Ein wichtiger und bisher technisch noch nicht gelöster Aspekt der Praxiseignung ist die Reinigung der Liegematte. DairyTex lässt sich, anders als herkömmliche Liegematten für Kühe, nicht mit Besen oder Schieber dauerhaft sauber halten. Es ist ein Sauger nötig.


Der Reinigungs-Prototyp hielt trotz großer Reinigungsintervalle (zwei- bis dreimal wöchentlich) die Matten dauerhaft sauber und durchlässig. Vor der Markteinführung von DairyTex muss es eine geeignete, selbstständig arbeitende Reinigungstechnik geben.

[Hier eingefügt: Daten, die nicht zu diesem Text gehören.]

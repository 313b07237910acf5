//! The groups of an accepted plan merged one after another into a tree at rest, through one site:
//! each one's images are built when its turn comes, the packages that its removals name go, and
//! those that it adds come.
//!
//! **A contract sees** the tree as its story, a plan as `plan_law` does, what is made of its groups
//! as `run_turns` does, and what a crash leaves by the groups that `merge_group` speaks of. What a run
//! promises is one record, `MergesPlan` (`specs/Merges.antt`).
//!
//! **Proved**: each group's images are what builders of the pool tell for its orders, and its turn is
//! made of the plan, over what those before it left; the groups come in their order, and the first
//! that is stopped ends the run. What a crash leaves at any moment recovers to the tree from before
//! with a run of the plan applied; at the end to that with just the history, unless the device
//! failed. What was written are the lines of the acknowledged groups and a beginning of the
//! next. A stop for the device, the output or a builder comes only where its count of faults rose.
//!
//! **Only tested**, within whole runs: that with ample memory all groups of a plan are merged.
//!
//! ```
//! let merged = merge_plan(alloc, tree, sink, &mut pool, &installed, &plan, task);
//! ```
#![tactic(auto)]

mod closing;
mod merge;
mod newcomers;
mod preparing;
mod stop;
mod turns;

pub use merge::{Merged, Task, merge_plan};
pub use stop::PlanStop;
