ghost use Rattle.std.specs.Prelude.{◌≡◌, IfOk, IsErrOf, IsTrue, length};
ghost use Rattle.file_tree.specs.Disk.{CountsFault};
ghost use Rattle.run_plan.specs.Courses.{IsCourse};

use file_tree::{Tree, TreeFault};
use merge_site::SiteGroup;
use plan_lives::Group;
use run_files::Places;
use run_turns::{Held, Job, held_paths, plan_places, site_groups};
use std::alloc::Global;
use vdb_record::Installed;

/// What the run of a plan takes, made before the first change of the tree.
#[derive(Drop)]
pub(crate) struct Course {
    pub(crate) places: Places,
    pub(crate) groups: Vec<SiteGroup>,
    pub(crate) progress: Progress,
}

/// How far the run of a plan has come.
#[derive(Drop)]
pub(crate) struct Progress {
    pub(crate) held: Held,
    pub(crate) history: Vec<u32>,
    pub(crate) acknowledged: Vec<u32>,
}

/// Makes what the run of a plan takes. The tree is only read.
pub(crate) fn course_of<T: Tree>(
    alloc: Global,
    tree: &mut T,
    installed: &[Installed],
    plan: &[Group],
    jobs: &[Job],
) -> Result<Course, TreeFault>
    requires count { length jobs.now ≡ length plan.now }
    ensures course { IfOk result
        (IsCourse T.tells (T.story tree.old).now.holds installed.now plan.now jobs.now) }
    ensures same { IsTrue T.tells → T.story tree.new ≡ T.story tree.old }
    ensures faults { CountsFault (IsErrOf result TreeFault.Failed) (T.faults tree.old)
        (T.faults tree.new) }
{
    let places = plan_places(alloc, installed, plan)?;
    let groups = site_groups(alloc, &places, plan, jobs)?;
    let history = Vec::with_capacity(alloc, plan.len())?;
    let acknowledged = Vec::with_capacity(alloc, plan.len())?;
    let held = held_paths(alloc, tree, installed, plan)?;
    let progress = Progress {
        held,
        history,
        acknowledged,
    };
    Ok(Course {
        places,
        groups,
        progress,
    })
}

Trotz der damit höheren Investitionskosten ergeben erste Schätzungen der Verfahrenskosten, dass die DairyTex- Box für die Milchvieh­haltung auch aus ökonomischer Sicht eine interessante Alternative zu herkömmlichen Liege­boxen-Verfahren sein kann (Übersicht 5).


Insgesamt hat sich die neue Liegematte somit in der Praxis bewährt. Die Hochschule Dresden hat sie zum Patent angemeldet.